ChatGPT is not lying or really hallucinating, it is just statistically wrong.

And the thing I am worried about is that in this process, knowing I was likely getting wrong results, I clung to hope it would work. I also found myself skipping my own reasoning and thinking, in the rush to refine my prompts.

Postscript

I should add that no matter how many times I could have asked ChatGPT for assistance, it would never succeed (despite its protestations) because of a flaw (human induced) from the outset. You see, I had assumed wrongly that because there is a Wikpedia category for Climate Change films and an associated Wikidata item for this category there is no use of climate change as a wikidata item for film genres.

This was revealed because I asked for help from Wikidata Will (Kent) who helped me understand the reason why I was getting no results.

And I am not making a stand for victory of human over machines, as for well constructed queries and many tasks, AI is doing wonders for me (transcription for one, and I am impressed with my runs with Elicit). I wrote this more as to make a case that ChatGPT and generative AI in general are not (yet?) any good at reasoning and in our use, we need to not park our own reasoning abilities just because its fun to be conversational with it.

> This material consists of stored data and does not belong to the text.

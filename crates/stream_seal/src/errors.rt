//! Why a call of a sealer fails.

ghost use Rattle.std.specs.Prelude.{◌≡◌};
ghost use Rattle.stream_seal.specs.declared.errors.SealError.TheVariants.{Memory};

use context_codec::PairError;
use esdk_fields::Refusal;
use std::alloc::AllocError;
use std::error::Error;
use std::fmt;

/// Why a call of a sealer fails.
#[derive(Drop)]
pub enum SealError {
    /// No message can be made of the materials (Q7, Q8) or of the text (Q9, Q10).
    Refusal(Refusal),
    /// An earlier call answered an error, or `finish` was called before.
    Stopped,
    /// Memory ran out.
    Memory,
}

impl fmt::Display for SealError {
    ghost use Rattle.std.specs.Prelude.{Some};
    ghost use Rattle.stream_seal.specs.Errors.{seal_error_text};

    ghost output = { λ e. Some (seal_error_text e) };

    #[tactic(auto, unfolding(crate::specs::Errors::seal_error_text))]
    fn fmt<W: fmt::Write>(&self, f: &mut fmt::Formatter<W>) -> fmt::Result {
        match self {
            SealError::Refusal(refusal) => fmt::Display::fmt(refusal, f),
            SealError::Stopped => f.write_str("the sealer has stopped"),
            SealError::Memory => f.write_str("memory ran out"),
        }
    }
}

impl fmt::Debug for SealError {
    fn fmt<W: fmt::Write>(&self, f: &mut fmt::Formatter<W>) -> fmt::Result {
        fmt::Display::fmt(self, f)
    }
}

impl Error for SealError {}

impl From<AllocError> for SealError {
    ghost from_gives = { λ _ error. error ≡ Memory };

    fn from(_: AllocError) -> SealError {
        SealError::Memory
    }
}
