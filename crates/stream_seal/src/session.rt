//! A message that is sealed piece by piece.

ghost use Rattle.std.specs.Prelude.{◌≡◌, ◌-◌, ◌<◌, ◌≤◌, true, false, length, [], None, Ok, Err};
ghost use Rattle.std.specs.Prelude.{IfErr, IfOk, OnOk};
ghost use Rattle.esdk_base.specs.declared.receiver.FeedError.TheVariants.{Machine};
ghost use Rattle.stream_seal.specs.declared.errors.SealError.TheVariants.{Stopped};
ghost use Rattle.stream_seal.specs.Feeding.{IsFeeding};
ghost use Rattle.stream_seal.specs.Receiving.{FeedsOn, FeedsSealerPiece, SealerFinishes};
ghost use Rattle.stream_seal.specs.Receiving.{SealerGivesOut};
ghost use Rattle.stream_seal.specs.Session.{SealingValue, beginning, IsNotMemory};
ghost use Rattle.stream_seal.specs.Session.{new_sealing_session, sealing_step_answer};
ghost use Rattle.stream_seal.specs.Session.{sealing_stepped, sealing_finish_answer};
ghost use Rattle.stream_seal.specs.Session.{sealing_finished};
ghost use Rattle.stream_seal.specs.Stands.{Stands, work_of};
ghost use Rattle.stream_seal.specs.Start.{BeginsNot, start_refusal};

use crate::declared_length::{Declared, after, spent, whole_to_come, within};
use crate::errors::SealError;
use crate::frame_buffer::FrameBuffer;
use crate::start::{message_start, unstarted};
use esdk_base::{FeedError, Receiver};
use esdk_fields::{Blob, Refusal};
use frame_codec::number_after;
use gcm_core::GcmKey;
use keyring_trait::EncMaterials;
use std::alloc::Global;
use suite_table::committed_keys;

/// Seals a message piece by piece: the header, the regular frames as the text comes, and the final
/// frame. It holds one frame; want of memory is answered at the start alone. AWS Encryption SDK
/// Specification, "Encrypt".
#[derive(Drop)]
pub struct Sealer {
    header: Blob,
    key: GcmKey,
    message_id: [u8; 32],
    declared: Option<Declared>,
    number: u32,
    frame: FrameBuffer,
    stopped: bool,
}

impl Sealer {
    /// Begins a message with these materials, in frames of `frame_length` bytes, under this message
    /// id, which must be used for no other message of the data key. Where a length of the text is
    /// declared, no more bytes than these are taken. One frame and 40 bytes are reserved.
    ///
    /// `TooManyDataKeys` (Q7), where the materials have more entries than `max_keys`; else
    /// `HeaderTooLong` (Q8), where the header would be too long; `Memory`, where memory runs out;
    /// never `Stopped`.
    pub fn begin(
        alloc: Global,
        materials: &EncMaterials,
        declared: Option<u64>,
        frame_length: u32,
        max_keys: Option<u16>,
        message_id: &[u8; 32],
    ) -> Result<Sealer, SealError>
        requires some { 1 ≤ frame_length }
        ensures stands { IfOk result (λ sealer. Stands sealer
            (new_sealing_session materials.now declared frame_length message_id.now)) }
        ensures taken { OnOk result (start_refusal materials.now max_keys message_id.now ≡ None) }
        ensures cause { IfErr result (BeginsNot (start_refusal materials.now max_keys
            message_id.now)) }
    {
        let keys = committed_keys(materials.key().bytes(), message_id);
        let mut key = GcmKey::new(alloc, &keys.key)?;
        let header = match message_start(
            alloc,
            materials,
            frame_length,
            max_keys,
            message_id,
            &keys.commitment,
            &mut key,
        ) {
            Ok(header) => header,
            Err(error) => return Err(unstarted(error)),
        };
        let frame = FrameBuffer::new(alloc, frame_length)?;
        Ok(Sealer {
            header,
            key,
            message_id: *message_id,
            declared: whole_to_come(declared),
            number: 1,
            frame,
            stopped: false,
        })
    }

    /// The message's header and the header's tag, with which the message begins.
    pub fn header(&self) -> &[u8]
        ensures { (v : SealingValue) → Stands self.now v → result.now ≡ beginning v }
    {
        self.header.bytes()
    }

    /// What the last `step` or `finish` gave. It is empty before the first of these calls and after
    /// an error.
    pub fn out(&self) -> &[u8]
        ensures { (v : SealingValue) → Stands self.now v → result.now ≡ v.out }
    {
        self.frame.out()
    }

    /// Takes bytes of the piece, or gives a frame, and answers how many it used. Never answers
    /// `Memory`.
    ///
    /// An empty piece uses and gives nothing. Otherwise: where all declared bytes were taken, it
    /// answers `OverDeclared` (Q10) with their number; where a full frame is held and has the
    /// number 4,294,967,295, it answers `TooManyFrames` (Q9); where another full frame is held, it
    /// gives it as a regular frame and uses nothing; else it takes as many bytes as the frame, the
    /// declared length and the piece allow, at least one, and gives nothing. So a loop that steps
    /// with what the last step left of a piece ends.
    ///
    /// After an error, and after `finish`, it answers `Stopped`, and only then. Any error leaves
    /// `out` empty.
    pub fn step(&mut self, piece: &[u8]) -> Result<usize, SealError>
        ensures answer { (v : SealingValue) → Stands self.old v
            → result ≡ sealing_step_answer v piece.now }
        ensures stands { (v : SealingValue) → Stands self.old v
            → Stands self.new (sealing_stepped v piece.now) }
        ensures within { IfOk result (λ used. used ≤ length piece.now) }
        ensures falls { IfOk result (λ used. 1 ≤ length piece.now
            → work_of self.new (length piece.now - used) < work_of self.old (length piece.now)) }
        ensures no_memory { IfErr result IsNotMemory }
    {
        self.frame.go_on();
        if self.stopped {
            return Err(SealError::Stopped);
        }
        if piece.is_empty() {
            return Ok(0);
        }
        if let Some(whole) = spent(self.declared) {
            self.stopped = true;
            return Err(SealError::Refusal(Refusal::OverDeclared(whole)));
        }
        let room = self.frame.room();
        if room > 0 {
            let used = within(self.declared, room.min(piece.len()));
            self.frame.push(&piece[..used]);
            self.declared = after(self.declared, used);
            return Ok(used);
        }
        match number_after(self.number) {
            Some(next) => {
                self.frame
                    .seal_regular(&mut self.key, &self.message_id, self.number);
                self.number = next;
                Ok(0)
            }
            None => {
                self.stopped = true;
                Err(SealError::Refusal(Refusal::TooManyFrames))
            }
        }
    }

    /// Gives the final frame, with the bytes that are held. Never answers `Memory`.
    ///
    /// `Stopped` exactly where an earlier call answered an error or this one was made before; it
    /// leaves `out` empty.
    pub fn finish(&mut self) -> Result<(), SealError>
        ensures answer { (v : SealingValue) → Stands self.old v → result ≡ sealing_finish_answer v }
        ensures stands { (v : SealingValue) → Stands self.old v
            → Stands self.new (sealing_finished v) }
        ensures no_memory { IfErr result IsNotMemory }
    {
        self.frame.go_on();
        if self.stopped {
            return Err(SealError::Stopped);
        }
        self.frame
            .seal_final(&mut self.key, &self.message_id, self.number);
        self.stopped = true;
        Ok(())
    }

    /// Takes the whole piece, and hands the frames that are full to the receiver, in order, once
    /// more bytes come. Never answers `Memory`.
    ///
    /// `OverDeclared` (Q10) and `TooManyFrames` (Q9), where the piece has a byte beyond those
    /// declared, or beyond those that a message has room for: the bytes before it were taken, and
    /// all their frames but the last handed over. `Receiver`, where the receiver failed at a frame;
    /// it isn't asked again. `Stopped`, exactly where the sealer had stopped before; then the
    /// receiver isn't asked. After Ok it goes on, whatever it was fed before, and by `step`, too.
    /// Where it hasn't stopped, an empty piece changes nothing: what a step gave isn't handed over.
    pub fn feed<R: Receiver>(
        &mut self,
        piece: &[u8],
        output: &mut R,
    ) -> Result<(), FeedError<SealError, R::Error>>
        ensures feeds { (v : SealingValue) → Stands self.old v → IsFeeding v piece.now
            → FeedsSealerPiece R.takes R.fails v piece.now output.old output.new self.new result }
        ensures stopped { (v : SealingValue) → Stands self.old v → v.stopped ≡ true
            → (result ≡ Err (Machine Stopped)) × (output.new ≡ output.old) }
        ensures on { (v : SealingValue) → Stands self.old v → v.stopped ≡ false
            → FeedsOn R.takes R.fails v piece.now output.old output.new self.new result }
        ensures empty { piece.now ≡ [] → self.old.stopped ≡ false
            → (result ≡ Ok tt) × (self.new ≡ self.old) × (output.new ≡ output.old) }
    {
        if self.stopped {
            return Err(FeedError::Machine(SealError::Stopped));
        }
        let mut left = piece;
        while !left.is_empty() {
            let used = match self.step(left) {
                Ok(used) => used,
                Err(error) => return Err(FeedError::Machine(error)),
            };
            hand_out(self, output)?;
            let (_taken, rest) = left.split_at(used);
            left = rest;
        }
        Ok(())
    }

    /// Gives the final frame, with the bytes that are held, and hands it to the receiver. Never
    /// answers `Memory`.
    ///
    /// `Stopped` exactly where an earlier call answered an error of the sealer, or the message was
    /// finished before; then the receiver isn't asked. `Receiver`, where the receiver failed at the
    /// frame. The sealer has stopped then, as after `Ok`.
    pub fn finish_into<R: Receiver>(
        &mut self,
        output: &mut R,
    ) -> Result<(), FeedError<SealError, R::Error>>
        ensures ends { (v : SealingValue) → Stands self.old v
            → SealerFinishes R.takes R.fails v output.old output.new result }
        ensures stands { (v : SealingValue) → Stands self.old v
            → Stands self.new (sealing_finished v) }
    {
        match self.finish() {
            Ok(()) => hand_out(self, output),
            Err(error) => Err(FeedError::Machine(error)),
        }
    }
}

/// Hands what the sealer gave last to the receiver, if it is something.
fn hand_out<R: Receiver>(
    sealer: &Sealer,
    output: &mut R,
) -> Result<(), FeedError<SealError, R::Error>>
    ensures { (v : SealingValue) → Stands sealer.now v
        → SealerGivesOut R.takes R.fails v.out output.old output.new result }
{
    let out = sealer.out();
    if out.is_empty() {
        return Ok(());
    }
    match output.take(out) {
        Ok(()) => Ok(()),
        Err(error) => Err(FeedError::Receiver(error)),
    }
}
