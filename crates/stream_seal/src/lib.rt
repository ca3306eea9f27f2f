//! A message that is sealed piece by piece, as its text comes.
//!
//! A `Sealer` holds one frame: it takes bytes of the text into a buffer, seals them there once the
//! frame is full and more bytes come, and hands the frame out as a slice of that buffer. The header
//! stands ready from the start, and `finish` gives the final frame. After the start no call answers
//! `Memory`. `feed` takes a whole piece, and hands each frame to a receiver; `finish_into` hands it
//! the final one. Standard: AWS Encryption SDK Specification, "Encrypt" and message body, "Framed
//! Data".
//!
//! `specs/Start.antt` says what a message begins with, `specs/Session.antt` what each call answers,
//! gives and leaves, and `specs/Stands.antt` which sealer is at which point of a session.
//! `specs/Laws.antt` says what follows: however the text is cut into pieces, what is given is the
//! message of that text. `specs/Feeding.antt` says what comes of a piece that is fed to its end, by
//! one step after another, and `specs/Receiving.antt` what of it a receiver takes.
#![tactic(auto)]

mod declared_length;
mod errors;
mod frame_buffer;
mod laws;
mod session;
mod start;

pub use errors::SealError;
pub use laws::{
    any_cut_gives_the_message, errors_come_exactly, fed_pieces_give_the_message,
    feeding_comes_to_its_end,
};
pub use session::Sealer;
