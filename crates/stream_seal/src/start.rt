//! What a message begins with: its header and the header's tag.

ghost use Rattle.std.specs.Prelude.{◌≡◌, ◌^◌, ◌<◌, ◌≤◌, length, IfErr, IfOk, OnOk, None};
ghost use Rattle.context_codec.specs.Insert.{RefusesAs};
ghost use Rattle.message_format.specs.Message.{header_body};
ghost use Rattle.suite_table.specs.declared.suite.Suite.TheVariants.{Committing};
ghost use Rattle.suite_table.specs.Keys.{derived, commitment};
ghost use Rattle.stream_seal.specs.Start.{NamesPairError, start_of, start_refusal};

use crate::errors::SealError;
use context_codec::PairError;
use esdk_fields::Blob;
use gcm_core::GcmKey;
use header_codec::write_header;
use keyring_trait::EncMaterials;
use message_format::header_tag;
use std::alloc::Global;
use suite_table::ZERO_IV;

/// The header of a message with these materials, with the commitment to their data key, and its tag
/// under the message's key. The header stores the pairs whose keys aren't required; the tag
/// authenticates the others too. Q7 `TooManyDataKeys`, where there are more entries than the limit;
/// Q8 `HeaderTooLong`, where the header would be too long.
#[tactic(auto, unfolding(crate::specs::Start::start_of, message_format::specs::Message::header_tag))]
pub(crate) fn message_start(
    alloc: Global,
    materials: &EncMaterials,
    frame_length: u32,
    max_keys: Option<u16>,
    message_id: &[u8; 32],
    commit_key: &[u8; 32],
    key: &mut GcmKey,
) -> Result<Blob, PairError>
    requires some { 1 ≤ frame_length }
    requires commits { commit_key.now ≡ commitment materials.now.key message_id.now }
    requires key { key.old ≡ derived Committing materials.now.key message_id.now }
    ensures start { IfOk result (λ start. start ≡ start_of materials.now frame_length
        message_id.now) }
    ensures taken { OnOk result (start_refusal materials.now max_keys message_id.now ≡ None) }
    ensures same { key.new ≡ key.old }
    ensures cause { IfErr result (λ e. RefusesAs e
        (start_refusal materials.now max_keys message_id.now)) }
{
    let mut start = body_of_header(
        alloc,
        materials,
        frame_length,
        max_keys,
        message_id,
        commit_key,
    )?;
    let only = materials.context().only(alloc, materials.required())?;
    let tag = header_tag(alloc, key, &ZERO_IV, start.bytes(), &only)?;
    start.push_all(&tag)?;
    Ok(start)
}

/// The body of the header, with the commitment to the data key.
#[tactic(auto, unfolding(message_format::specs::Message::header_body), using(crate::proofs::Starting::short_body))]
fn body_of_header(
    alloc: Global,
    materials: &EncMaterials,
    frame_length: u32,
    max_keys: Option<u16>,
    message_id: &[u8; 32],
    commit_key: &[u8; 32],
) -> Result<Blob, PairError>
    requires some { 1 ≤ frame_length }
    requires commits { commit_key.now ≡ commitment materials.now.key message_id.now }
    ensures body { IfOk result (λ body. body ≡ header_body materials.now.context
        materials.now.required frame_length materials.now.key materials.now.entries
        message_id.now) }
    ensures short { IfOk result (λ body. length body < 2 ^ 25) }
    ensures taken { OnOk result (start_refusal materials.now max_keys message_id.now ≡ None) }
    ensures cause { IfErr result (λ e. RefusesAs e
        (start_refusal materials.now max_keys message_id.now)) }
{
    let stored = materials.context().without(alloc, materials.required())?;
    write_header(
        alloc,
        message_id,
        &stored,
        materials.entries(),
        frame_length,
        commit_key,
        max_keys,
    )
}

/// Why a message isn't begun whose header isn't written.
pub(crate) fn unstarted(error: PairError) -> SealError
    ensures { NamesPairError error result }
{
    match error {
        PairError::Refusal(refusal) => SealError::Refusal(refusal),
        PairError::Memory => SealError::Memory,
    }
}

Featured Image: Animated GIF of some old slides I had used in a 2005 TCC Online Conference Keynote actually based on a Star Trek metaphor that I re-edited slightly for 2023. Probably not legally kosher, mostly for parody. Shrug.

Just for fun, this was the abstract from that 2005 presentation (and bless you Bert Kimura for going along with this!) And the “slides” as it were are still available as a Flickr set.

“Harry Mudd, Small Pieces, and that Not Widely Distributed Future”
~ Where it (or IT) is for Educators ~

Predictions of the future are easily analyzed in hindsight and ought to be skeptically questioned — you will have to tune into this session to see the connection with an old Star Trek episode. However, author William Gibson’s insightful quote, “The future is here. It is just not widely distributed yet” is the framework I use to peek at the future. For the use of technology in teaching and learning, where is this “not widely distributed future?” I am not sure, but in this session, we will take some guesses at places you may find the future.

The present form of the web was visible, but not widely distributed in 1992. Is there something of this scale already here? Will text messaging displace email as a communication mode? We will look at the drivers of consumer used technologies that become disruptive? For example, digital cameras have taken the lead in the consumer photo market and MP3 players are re-shaping the music industry. And how about those multitude of technology gadget web sites? Are small pieces of “loosely” joined technologies (often open source) displacing large comprehensive commercial tools?

The future is here and it (or IT) is not. Explore hands-on some of the interesting “social” and connection technologies such as “tags”, RSS, wikis, podcasts, and perhaps whatever else pops up between now and the conference.